Aim of the task: Search the records for the string "length", and show each line where it appears.

Extracted records:
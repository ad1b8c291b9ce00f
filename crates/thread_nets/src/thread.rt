//! The nets of a thread: the pulses of the tail, whether a turn begins, the walk over the body, and the pulses that are left.
ghost use Rattle.std.specs.Prelude.{◌≡◌, ℕ, ◌<◌, [], IfOk, IsTrue, length};
ghost use Rattle.module_nets.specs.Bits.{IsBit};
ghost use Rattle.module_nets.specs.Netlist.{Extends};
ghost use Rattle.module_nets.specs.Signals.{PlacesStand};
ghost use Rattle.pulse_nets.specs.Pulses.{pulse_at};
ghost use Rattle.act_deeds.specs.declared.deed.Deed.TheVariants.{Decides};
ghost use Rattle.act_deeds.specs.Deeds.{deed_at};
ghost use Rattle.machine_parts.specs.Nodes.{AreBits, AreNodes, AreStatesDrawn};
ghost use Rattle.machine_parts.specs.Parts.{bit_at, zero_bit};
ghost use Rattle.machine_parts.specs.Plans.{IsTurnPlan};
ghost use Rattle.machine_parts.specs.Threads.{ThreadDrawn};
ghost use Rattle.thread_nets.specs.Body.{body_of, source_widths};
ghost use Rattle.core_term.specs.Numbering.{Numbered};
ghost use Rattle.thread_nets.specs.Fits.{acts_fit};
ghost use Rattle.thread_nets.specs.Walk.{kept_registers, plan_in, term_at, widths_at, BodyDrawn, Ground};

use crate::act::draw_pulses;
use crate::setting::{Drawn, ThreadSetting, Walk};
use crate::walk::draw_term;
use core_term::{CoreTerm, CoreThread};
use machine_parts::ThreadNets;
use module_nets::{Netlist, Signal};
use pulse_nets::Pulse;
use std::alloc::{AllocError, Global};
use turn_nets::{TurnSetting, draw_begin, draw_tails};

/// The nets of a thread. Refuses only where memory is refused.
pub fn draw_thread(
    alloc: Global,
    netlist: &mut Netlist,
    setting: &ThreadSetting<'_>,
    thread: &CoreThread,
) -> Result<ThreadNets, AllocError>
    requires plan { IsTurnPlan (body_of setting.now thread.now) setting.now.plan.now }
    requires nodes { AreNodes setting.now.plan.now.nodes.items }
    requires states { AreStatesDrawn netlist.old setting.now.plan.now.nodes.items setting.now.states.now.nodes.items }
    requires kept { AreBits netlist.old setting.now.states.now.sides.items }
    requires no_side { (place : ℕ) → (deed_at setting.now.plan.now.deeds.items place ≡ Decides → ⊥) →
        bit_at setting.now.states.now.sides.items place ≡ zero_bit }
    requires started { IsBit netlist.old setting.now.states.now.started }
    requires wires { AreBits netlist.old setting.now.wires.now }
    requires places { PlacesStand netlist.old setting.now.registers.now setting.now.ports.now [] }
    requires fits { IsTrue (acts_fit (length setting.now.registers.now) (source_widths setting.now)
        (body_of setting.now thread.now)) }
    ensures extends { IfOk result (λ nets. Extends netlist.old netlist.new) }
    ensures drawn { IfOk result (λ nets. ThreadDrawn netlist.new setting.now.registers.now setting.now.ports.now
        setting.now.wires.now (body_of setting.now thread.now) setting.now.plan.now setting.now.states.now nets) }
{
    let turn_setting = TurnSetting {
        nodes: &setting.plan.nodes,
        states: &setting.states.nodes,
        wires: setting.wires,
    };
    let body = thread.body();
    let tails = draw_tails(alloc, netlist, &turn_setting)?;
    let end = pulse_of(&tails, setting.plan.last);
    let begin = draw_begin(netlist, &setting.states.started, &end)?;
    let walk = Walk {
        setting: *setting,
        begin,
        tails: &tails,
    };
    let drawn = draw_body(alloc, netlist, &walk, body)?;
    Ok(nets_of(&walk.begin, drawn))
}

/// The pulse of a node.
fn pulse_of(pulses: &[Pulse], node: u32) -> Signal
    requires { node < length pulses.now }
    ensures { result ≡ (pulse_at pulses.now node).pulse }
{
    pulses[node as usize].pulse
}

/// Draws the acts of a body and then the pulses that are left.
fn draw_body(
    alloc: Global,
    netlist: &mut Netlist,
    walk: &Walk<'_>,
    body: &CoreTerm,
) -> Result<Drawn, AllocError>
    requires ground { Ground netlist.old walk.now }
    requires plan { IsTurnPlan (term_at walk.now [] body.now) (plan_in walk.now) }
    requires numbered { Numbered [] 0 (term_at walk.now [] body.now) }
    requires fits { IsTrue (acts_fit (length (kept_registers walk.now)) (widths_at walk.now [])
        (term_at walk.now [] body.now)) }
    ensures { IfOk result (λ drawn.
        BodyDrawn netlist.old netlist.new walk.now drawn (term_at walk.now [] body.now)) }
{
    let mut drawn = Drawn::new(alloc);
    let _value = draw_term(alloc, netlist, walk, &[], body, &mut drawn)?;
    let count = walk.setting.plan.nodes.len() as u32;
    draw_pulses(netlist, walk, count, &mut drawn)?;
    Ok(drawn)
}

/// What is drawn, as the nets of a thread.
fn nets_of(begin: &Signal, drawn: Drawn) -> ThreadNets
    ensures { result ≡ record {
      begin = begin.now;
      pulses = drawn.pulses;
      values = drawn.values;
      decisions = drawn.decisions;
      sides = drawn.sides;
    } }
{
    let Drawn {
        pulses,
        values,
        decisions,
        sides,
    } = drawn;
    ThreadNets {
        begin: *begin,
        pulses,
        values,
        decisions,
        sides,
    }
}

Task result:
ghost use Rattle.std.specs.Prelude.{◌≡◌, ℕ, ◌<◌, [], IfOk, IsTrue, length};
    requires fits { IsTrue (acts_fit (length setting.now.registers.now) (source_widths setting.now)
    requires { node < length pulses.now }
    requires fits { IsTrue (acts_fit (length (kept_registers walk.now)) (widths_at walk.now [])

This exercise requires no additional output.